Like the use of the armed Predator UAV in Afghanistan, this first modest employment of airmechanized forces in Anaconda will undoubtedly generate heated debate on the utility of this new and controversial maneuver doctrine. This historical event may be the catalyst for the U.S. Army to convert its own airborne and air assault divisions along the European Airmechanized models or like the ill-fated Pentomic Divisions of the 1950s, be simply a flash-in-the-pan. Still the question that this event will pose for the U.S. Army as whole is the continued validity of parachuting or helo-insertion of dismounted troops close to the enemy's crucible of anti-aircraft fire, shoulder-fired missiles and RPGs. The American public and our enemies, should know that the U.S. Armys leadership in Afghanistan is not tied doggedly to any written doctrine. The first use of airmechanized forces in combat by an American commander demonstrates the mental agility and creative prowess of a unified effort that will leave "no stone unturned" in its effort to defeat the Al Queda and Taliban, to include employing a Canadian airmechanized force!

Major Chuck Jarnot, 101st Airborne Division Liaison Officer in Afghanistan


----------



## COBRA-6

Interesting arcticle, the pictures didn't show up unfortunately...

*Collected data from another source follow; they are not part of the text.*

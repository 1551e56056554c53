//! Draws, encryption, decryption, and sums of ciphertexts.

ghost use Rattle.std.specs.Prelude.{◌≡◌, length, All, IfOk, IsTrue};
ghost use Rattle.co_bfv.specs.Ciphertexts.{ciphertext_degree};

use crate::cases::{BadCase, Case, degree_of};
use crate::lines::{put, put_ciphers, put_each, put_pair, put_poly, put_words};
use crate::streams::{Stand, skip};
use co_bfv::{Cipher, Secret, decrypt, encrypt, sample_error, sample_secret, sample_uniform};
use co_ring::{Modulus, Poly};
use co_slots::{decode_slots, encode_slots};
use rand_core::Rng;
use std::alloc::{AllocError, Global};

/// The line of a case, behind the name of its call.
pub fn line<R: Stand>(case: Case, rng: &mut R) -> Result<String, BadCase> {
    let mut line = String::new(case.alloc);
    let secret = drawn(case, rng)?;
    put_call(&mut line, case, &secret, rng)?;
    put(&mut line, rng.stand() as u128)?;
    Ok(line)
}

fn put_call<R: Rng>(
    line: &mut String,
    case: Case,
    secret: &Secret,
    rng: &mut R,
) -> Result<(), BadCase> {
    match case.call() {
        "secret" => put_secret(case.alloc, line, secret),
        "uniform" => put_uniform(line, case, rng),
        "error" => put_error(line, case, rng),
        "decrypt" => put_decryption(line, case, secret),
        "encrypt" => put_encryption(line, case, secret, rng),
        "times" => put_multiple(line, case, secret, rng),
        "sum" | "difference" | "product" => put_combined(line, case, secret, rng),
        _ => Err(BadCase::Unfit),
    }
}

fn put_secret(alloc: Global, line: &mut String, secret: &Secret) -> Result<(), BadCase> {
    let residues = secret.residues(alloc)?;
    Ok(put_pair(line, &residues)?)
}

fn put_uniform<R: Rng>(line: &mut String, case: Case, rng: &mut R) -> Result<(), BadCase> {
    let drawn = sample_uniform(case.alloc, case.degree()?, rng)?;
    Ok(put_pair(line, &drawn)?)
}

fn put_error<R: Rng>(line: &mut String, case: Case, rng: &mut R) -> Result<(), BadCase> {
    let drawn = sample_error(case.alloc, case.degree()?, rng)?;
    Ok(put_pair(line, &drawn)?)
}

/// A secret, behind which some words are passed over.
pub fn drawn<R: Rng>(case: Case, rng: &mut R) -> Result<Secret, BadCase> {
    let secret = sample_secret(case.alloc, case.degree()?, rng)?;
    skip(rng, case.number("skip"));
    Ok(secret)
}

/// The encryption of the message of a field.
pub fn encrypted<R: Rng>(
    case: Case,
    name: &str,
    secret: &Secret,
    rng: &mut R,
) -> Result<Cipher, BadCase>
    ensures { IfOk result (λ c. ciphertext_degree c ≡ length secret.now) }
{
    let message = case.poly(Modulus::Plain, name)?;
    encryption(case.alloc, &message, secret, rng)
}

/// The encryption of a message of the secret's degree.
pub fn encryption<R: Rng>(
    alloc: Global,
    message: &Poly,
    secret: &Secret,
    rng: &mut R,
) -> Result<Cipher, BadCase>
    requires { message.now.modulus ≡ Modulus.Plain }
    ensures { IfOk result (λ c. ciphertext_degree c ≡ length secret.now) }
{
    if message.degree() != secret.degree() {
        return Err(BadCase::Unfit);
    }
    Ok(encrypt(alloc, secret, message, rng)?)
}

/// The message whose slots a field lists.
pub fn slots_message(case: Case, name: &str) -> Result<Poly, BadCase>
    ensures { IfOk result (λ p. p.modulus ≡ Modulus.Plain) }
{
    let slots = case.residues(Modulus::Plain, name)?;
    Ok(encode_slots(case.alloc, degree_of(slots.len())?, &slots)?)
}

/// Whether all ciphertexts have so many coefficients.
pub fn have_degree(ciphers: &[Cipher], degree: usize) -> bool
    ensures { IsTrue result → All (λ c. ciphertext_degree c ≡ degree) ciphers.now }
{
    ciphers.iter().all(|cipher| cipher.degree() == degree)
}

fn opened(alloc: Global, secret: &Secret, cipher: &Cipher) -> Result<Poly, BadCase>
    ensures { IfOk result (λ p. p.modulus ≡ Modulus.Plain) }
{
    if cipher.degree() != secret.degree() {
        return Err(BadCase::Unfit);
    }
    Ok(decrypt(alloc, secret, cipher)?)
}

/// The coefficients that a ciphertext opens to.
fn put_opened(
    alloc: Global,
    line: &mut String,
    secret: &Secret,
    cipher: &Cipher,
) -> Result<(), BadCase> {
    put_poly(line, &opened(alloc, secret, cipher)?)?;
    Ok(())
}

/// What of a message is put: its coefficients, or its slots.
#[derive(Clone, Copy)]
pub enum Shown {
    Coefficients,
    Slots,
}

fn put_message(
    alloc: Global,
    line: &mut String,
    message: &Poly,
    shown: Shown,
) -> Result<(), AllocError>
    requires { message.now.modulus ≡ Modulus.Plain }
{
    match shown {
        Shown::Coefficients => put_poly(line, message),
        Shown::Slots => put_words(line, &decode_slots(alloc, message)?),
    }
}

/// What each ciphertext opens to, and then their digests.
pub fn put_each_opened(
    alloc: Global,
    line: &mut String,
    secret: &Secret,
    ciphers: &[Cipher],
    shown: Shown,
) -> Result<(), BadCase> {
    put_all_opened(alloc, line, secret, ciphers, shown)?;
    Ok(put_each(alloc, line, ciphers)?)
}

/// What each ciphertext opens to.
pub fn put_all_opened(
    alloc: Global,
    line: &mut String,
    secret: &Secret,
    ciphers: &[Cipher],
    shown: Shown,
) -> Result<(), BadCase> {
    for cipher in ciphers {
        let message = opened(alloc, secret, cipher)?;
        put_message(alloc, line, &message, shown)?;
    }
    Ok(())
}

/// A ciphertext, and what it opens to.
pub fn put_cipher(
    alloc: Global,
    line: &mut String,
    secret: &Secret,
    cipher: &Cipher,
) -> Result<(), BadCase> {
    put_pair(line, cipher.c0())?;
    put_pair(line, cipher.c1())?;
    put_opened(alloc, line, secret, cipher)
}

fn put_encryption<R: Rng>(
    line: &mut String,
    case: Case,
    secret: &Secret,
    rng: &mut R,
) -> Result<(), BadCase> {
    let cipher = encrypted(case, "message", secret, rng)?;
    put_cipher(case.alloc, line, secret, &cipher)
}

fn put_decryption(line: &mut String, case: Case, secret: &Secret) -> Result<(), BadCase> {
    let cipher = given(case)?;
    put_opened(case.alloc, line, secret, &cipher)
}

/// The ciphertext whose parts a case lists.
pub fn given(case: Case) -> Result<Cipher, BadCase> {
    let c0 = case.pair("c0")?;
    let c1 = case.pair("c1")?;
    if c0.degree() != c1.degree() {
        return Err(BadCase::Unfit);
    }
    Ok(Cipher::from_parts(c0, c1))
}

/// What a sum, a difference or a product with a plain polynomial opens to, and its digest.
fn put_combined<R: Rng>(
    line: &mut String,
    case: Case,
    secret: &Secret,
    rng: &mut R,
) -> Result<(), BadCase> {
    let combined = combined(case, secret, rng)?;
    put_opened(case.alloc, line, secret, &combined)?;
    put_cipher_digest(case.alloc, line, &combined)
}

fn combined<R: Rng>(case: Case, secret: &Secret, rng: &mut R) -> Result<Cipher, BadCase> {
    let one = encrypted(case, "one", secret, rng)?;
    let other = encrypted(case, "other", secret, rng)?;
    combination(case, one, &other)
}

fn combination(case: Case, mut one: Cipher, other: &Cipher) -> Result<Cipher, BadCase> {
    if one.degree() != other.degree() {
        return Err(BadCase::Unfit);
    }
    match case.call() {
        "sum" => one.add_in(other),
        "difference" => one.sub_in(other),
        _ => return plain_product(case, &one),
    }
    Ok(one)
}

/// The digest of the bytes of one ciphertext.
pub fn put_cipher_digest(alloc: Global, line: &mut String, cipher: &Cipher) -> Result<(), BadCase> {
    let copy = cipher.copy(alloc)?;
    Ok(put_ciphers(alloc, line, &[copy])?)
}

fn plain_product(case: Case, cipher: &Cipher) -> Result<Cipher, BadCase> {
    let plain = case.poly(Modulus::Plain, "plain")?;
    if plain.degree() != cipher.degree() {
        return Err(BadCase::Unfit);
    }
    Ok(cipher.mul_plain(case.alloc, &plain)?)
}

/// What so many times an encryption opens to.
fn put_multiple<R: Rng>(
    line: &mut String,
    case: Case,
    secret: &Secret,
    rng: &mut R,
) -> Result<(), BadCase> {
    let one = encrypted(case, "message", secret, rng)?;
    let mut sum = Cipher::zero(case.alloc, degree_of(one.degree())?)?;
    add_times(&mut sum, &one, case.number("count"));
    put_opened(case.alloc, line, secret, &sum)
}

fn add_times(sum: &mut Cipher, one: &Cipher, count: u32)
    requires { ciphertext_degree sum.old ≡ ciphertext_degree one.now }
{
    for _turn in 0..count {
        sum.add_in(one);
    }
}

Anyone know the unit cost for a BV206??


----------



## McG

Looks like our traffic has overwhelmed Sparky's site.  Follow the link for one of the pictures and you get this:


> The web site you are trying to access has exceeded its allocated data transfer. Visit our help area for more information.


----------



## Britney Spears

Eh? They work fine for me, both pics and site.


----------



## McG

Works for me again too.  The site must have gotten better.


----------



## COBRA-6

Just saw the BV206 on the TV show "Tactical to Practical". They were highlighting the development of over-snow veh like snowmobiles/ snow-cats, and were at the USMC arctic warfare school, where they had BV206's... looked like they were having fun!



			
				Kirkhill said:
			
		

> Actually under the old 1980's defence plan Canada was going to have Hagglunds build a Bv206 factory in Calgary and buy at least 400 of them.   Along with the Bison they were primarily intended to be used by the Militia in their northern and vital point duties.
> 
> And given that their foot print is less than that of a man walking, they not only don't detonate pressure triggered AT mines, they also don't detonate many AP mines.
> 
> Bv206/Bv206s/BvS10-Viking - lovely suite of kit for light troops in marginal terrain.   And the Bv206 is heliportable under two EH-101s and airportable in C130s and C27s.
> 
> Be brilliiant for domestic disaster relief as well.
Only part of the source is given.